━━ Source data ━━

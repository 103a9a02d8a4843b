ghost use Rattle.std.specs.Prelude.{◌≡◌, ◌<◌, ◌^◌, ℕ, None, Some, IfOk, IfErr, IfSome, take, drop, length, slice_get, All};
ghost use Rattle.cell_loading.specs.ReadModules.{place_at, fault_refusal, module_refusal, read_file, read_text};
ghost use Rattle.cell_loading.specs.Files.{IsLoadFault};
ghost use Rattle.cell_loading.specs.Loaded.{IsWithin, ArePaired, IsParsed, AreParsed, reads_in};

use crate::refused::{ModuleRule, Refused};
use module_parser::parse_module;
use rapid_forms::SyntaxFault;
use rapid_lexer::{Place, place_of};
use raw_trees::RawModule;
use std::alloc::Global;

/// Modules that were read, each with its text and its tree, and the number of the first one's file. The others' files
/// follow.
#[derive(Clone, Copy)]
pub struct Modules<'m, 'a> {
    pub first: u32,
    pub texts: &'a [Vec<u8>],
    pub trees: &'m [RawModule<'a>],
}

/// The trees of all texts, the first of which is that of file 1. Otherwise the first refusal, where a failure to read
/// comes last.
pub fn parse_texts(
    alloc: Global,
    texts: &[Vec<u8>],
    failed: Option<Refused>,
) -> Result<Vec<RawModule<'_>>, Refused>
    requires few { length texts.now < 2 ^ 31 }
    requires within { All IsWithin texts.now }
    ensures parsed { AreParsed texts.now failed result }
    ensures whole { IfOk result (λ trees. failed ≡ None) }
    ensures each { IfOk result (λ trees. length texts.now ≡ length trees.items) }
    ensures causes { (old new : ℕ) → IfSome failed (IsLoadFault old new) → IfErr result (IsLoadFault old new) }
{
    let mut trees = Vec::new(alloc);
    for (k, text) in texts.iter().enumerate() {
        let tree = parse_text(alloc, k as u32 + 1, text.as_slice())?;
        trees.push(tree)?;
    }
    match failed {
        Some(refused) => Err(refused),
        None => Ok(trees),
    }
}

/// The tree of the text of the file of this number.
fn parse_text<'a>(alloc: Global, file: u32, text: &'a [u8]) -> Result<RawModule<'a>, Refused>
    requires { length text.now < 2 ^ 31 }
    ensures parsed { IsParsed file text.now result }
    ensures causes { (old new : ℕ) → IfErr result (IsLoadFault old new) }
{
    match parse_module(alloc, text) {
        Ok(tree) => Ok(tree),
        Err(fault) => Err(refusal(file, text, fault)),
    }
}

/// The refusal for a fault of the text in the file of this number.
fn refusal(file: u32, text: &[u8], fault: SyntaxFault) -> Refused
    requires { length text.now < 2 ^ 31 }
    ensures { result ≡ fault_refusal file text.now fault }
{
    match fault {
        SyntaxFault::Lex(fault) => Refused::Module {
            file,
            place: place_in(text, fault.at),
            rule: ModuleRule::Lex(fault.rule),
        },
        SyntaxFault::Rule { rule, at } => Refused::Module {
            file,
            place: place_in(text, at),
            rule: ModuleRule::Syntax(rule),
        },
        SyntaxFault::Memory => Refused::Memory,
    }
}

/// The line and the column of a byte of a text.
fn place_in(text: &[u8], at: usize) -> Place
    requires { length text.now < 2 ^ 31 }
    ensures { result ≡ place_at text.now at }
{
    place_of(text, at.min(text.len()))
}

/// The first modules, this many.
pub(crate) fn first_modules<'m, 'a>(modules: &Modules<'m, 'a>, count: usize) -> Modules<'m, 'a>
    requires { ArePaired modules.now }
    ensures paired { ArePaired result }
    ensures taken { reads_in result ≡ take count (reads_in modules.now) }
    ensures trees { result.trees.now ≡ take count modules.now.trees.now }
{
    let count = count.min(modules.trees.len());
    Modules {
        first: modules.first,
        texts: &modules.texts[..count],
        trees: &modules.trees[..count],
    }
}

/// The modules after the first ones, given how many these are.
pub(crate) fn later_modules<'m, 'a>(modules: &Modules<'m, 'a>, count: usize) -> Modules<'m, 'a>
    requires { ArePaired modules.now }
    ensures paired { ArePaired result }
    ensures dropped { reads_in result ≡ drop count (reads_in modules.now) }
{
    let count = count.min(modules.trees.len());
    Modules {
        first: modules.first + count as u32,
        texts: &modules.texts[count..],
        trees: &modules.trees[count..],
    }
}

/// The refusal for a rule, at a byte of the module of this number, from 0.
pub(crate) fn module_refusal(
    modules: &Modules<'_, '_>,
    number: usize,
    at: usize,
    rule: ModuleRule,
) -> Refused
    requires { ArePaired modules.now }
    ensures { result ≡ module_refusal (reads_in modules.now) number at rule }
{
    Refused::Module {
        file: file_at(modules, number),
        place: place_in(text_at(modules, number), at),
        rule,
    }
}

/// The number of the file of the module of this number, from 0; 0 if there is none.
fn file_at(modules: &Modules<'_, '_>, number: usize) -> u32
    requires { ArePaired modules.now }
    ensures { result ≡ read_file (slice_get (reads_in modules.now) number) }
{
    if number < modules.texts.len() {
        modules.first + number as u32
    } else {
        0
    }
}

/// The text of the module of this number, from 0; empty if there is none.
fn text_at<'a>(modules: &Modules<'_, 'a>, number: usize) -> &'a [u8]
    requires { ArePaired modules.now }
    ensures text { result.now ≡ read_text (slice_get (reads_in modules.now) number) }
    ensures short { length result.now < 2 ^ 31 }
{
    match modules.texts.get(number) {
        Some(text) => text.as_slice(),
        None => b"",
    }
}
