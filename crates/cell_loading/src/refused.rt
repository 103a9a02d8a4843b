ghost use Rattle.std.specs.Prelude.{◌≡◌};
ghost use Rattle.cell_loading.specs.Refusals.{status_of, file_of, module_rule_name};
ghost use Rattle.cell_loading.specs.declared.refused.Refused.TheVariants.{Memory};

use rapid_forms::SyntaxRule;
use rapid_lexer::{LexRule, Place};
use rapid_model::{ScriptRule, Text};
use rule_checks::TypeRule;
use std::alloc::{AllocError, AllocFailed};

/// The rules of a module.
#[derive(Clone, Copy, Debug, PartialEq, Eq)]
pub enum ModuleRule {
    /// The text does not consist of tokens.
    Lex(LexRule),
    /// The tokens do not form a module.
    Syntax(SyntaxRule),
    /// A rule of names and types.
    Type(TypeRule),
}

impl ModuleRule {
    /// The name of the rule, as refusals print it.
    pub fn name(self) -> &'static [u8]
        ensures { result.now ≡ module_rule_name self }
    {
        match self {
            ModuleRule::Lex(rule) => rule.name(),
            ModuleRule::Syntax(rule) => rule.name(),
            ModuleRule::Type(rule) => rule.name(),
        }
    }
}

/// Why a run was refused, or could not be printed. Files are numbered in the order in which they are read: 0 is the
/// script, the modules follow from 1, and a history is the last.
#[derive(Debug, Drop)]
pub enum Refused {
    /// The command word at this position, from 0, is wrong or missing.
    Words {
        place: usize,
    },
    /// The script breaks a rule at a key; the empty key is the whole script.
    Script {
        key: Text,
        rule: ScriptRule,
    },
    /// A module breaks a rule at a place.
    Module {
        file: u32,
        place: Place,
        rule: ModuleRule,
    },
    /// A file could not be read.
    Read {
        file: u32,
    },
    /// Not everything could be printed.
    Write,
    /// An allocation failed.
    Memory,
    /// A file has more bytes than its limit.
    TooLong {
        file: u32,
    },
    /// The first line, by its number from 1, with which the lines so far no longer start any history of the cell.
    History {
        line: u32,
    },
}

impl From<AllocError> for Refused {
    ghost from_gives = { λ _ refused. refused ≡ Memory };

    fn from(_error: AllocError) -> Refused {
        Refused::Memory
    }
}

impl<T: Drop> From<AllocFailed<T>> for Refused {
    ghost from_gives = { λ _ refused. refused ≡ Memory };

    fn from(_failed: AllocFailed<T>) -> Refused {
        Refused::Memory
    }
}

impl Refused {
    /// The status of a refused call.
    pub fn status(&self) -> u8
        ensures { result ≡ status_of self.now }
    {
        match self {
            Refused::Words { .. } => 2,
            Refused::Script { .. } => 3,
            Refused::Module { .. } => 4,
            Refused::Read { .. } => 5,
            Refused::Write => 6,
            Refused::Memory => 7,
            Refused::TooLong { .. } => 10,
            Refused::History { .. } => 11,
        }
    }

    /// The number of the file that the refusal is about.
    pub fn file(&self) -> Option<u32>
        ensures { result ≡ file_of self.now }
    {
        match self {
            Refused::Module { file, .. } | Refused::Read { file } | Refused::TooLong { file } => {
                Some(*file)
            }
            Refused::Words { .. }
            | Refused::Script { .. }
            | Refused::Write
            | Refused::Memory
            | Refused::History { .. } => None,
        }
    }
}
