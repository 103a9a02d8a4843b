use rapid_model::Script;

/// The modules of a cell's tasks: the script, which names their files task by task, and their texts in the order in
/// which they are read.
#[derive(Drop)]
pub struct ModuleTexts {
    pub script: Script,
    pub texts: Vec<Vec<u8>>,
}
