//! From the files of a script and its modules to a cell and the trees of its tasks, or why they are refused.
#![tactic(auto)]

mod check;
mod files;
mod made_texts;
mod module_texts;
mod modules;
mod refused;
mod texts;

pub use check::{CheckedCell, check_modules};
pub use files::module_files;
pub use made_texts::own_texts;
pub use module_texts::ModuleTexts;
pub use modules::{Modules, parse_texts};
pub use refused::{ModuleRule, Refused};
pub use texts::{Texts, load_script, load_texts, read_file, script_of};
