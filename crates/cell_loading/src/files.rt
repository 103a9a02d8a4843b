ghost use Rattle.std.specs.Prelude.{◌≡◌, ◌≤◌, ◌++◌, length, IfOk, OnOk};
ghost use Rattle.rapid_model.specs.ScriptData.{module_names};
ghost use Rattle.cell_loading.specs.Loaded.{names_in_turn};

use rapid_limits::MOST_MODULE_FILES;
use rapid_model::{Script, ScriptTask};
use std::alloc::{AllocError, Global};

/// The names of the files of a script's modules, in the order in which they are read.
pub fn module_files(alloc: Global, script: &Script) -> Result<Vec<&str>, AllocError>
    ensures named { IfOk result (λ found. names_in_turn found.items ≡ module_names script.now.tasks) }
    ensures few { IfOk result (λ found. length found.items ≤ MOST_MODULE_FILES) }
{
    let _steps = script.steps();
    let mut found = Vec::new(alloc);
    let tasks = script.tasks().as_slice();
    for task in tasks {
        push_files(&mut found, task)?;
    }
    Ok(found)
}

/// Appends the names of the files of a task's modules.
fn push_files<'a>(found: &mut Vec<&'a str>, task: &'a ScriptTask) -> Result<(), AllocError>
    ensures { OnOk result (names_in_turn found.new.items ≡ names_in_turn found.old.items ++ task.now.modules) }
{
    let files = task.modules.as_slice();
    for file in files {
        found.push(file.as_str())?;
    }
    Ok(())
}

━━━

Everything from the line with "OnOk result (names_in_turn" to the end of the listing above is to be set down exactly, both ends included.

→ Answer for the task:
    ensures { OnOk result (names_in_turn found.new.items ≡ names_in_turn found.old.items ++ task.now.modules) }
{
    let files = task.modules.as_slice();
    for file in files {
        found.push(file.as_str())?;
    }
    Ok(())
}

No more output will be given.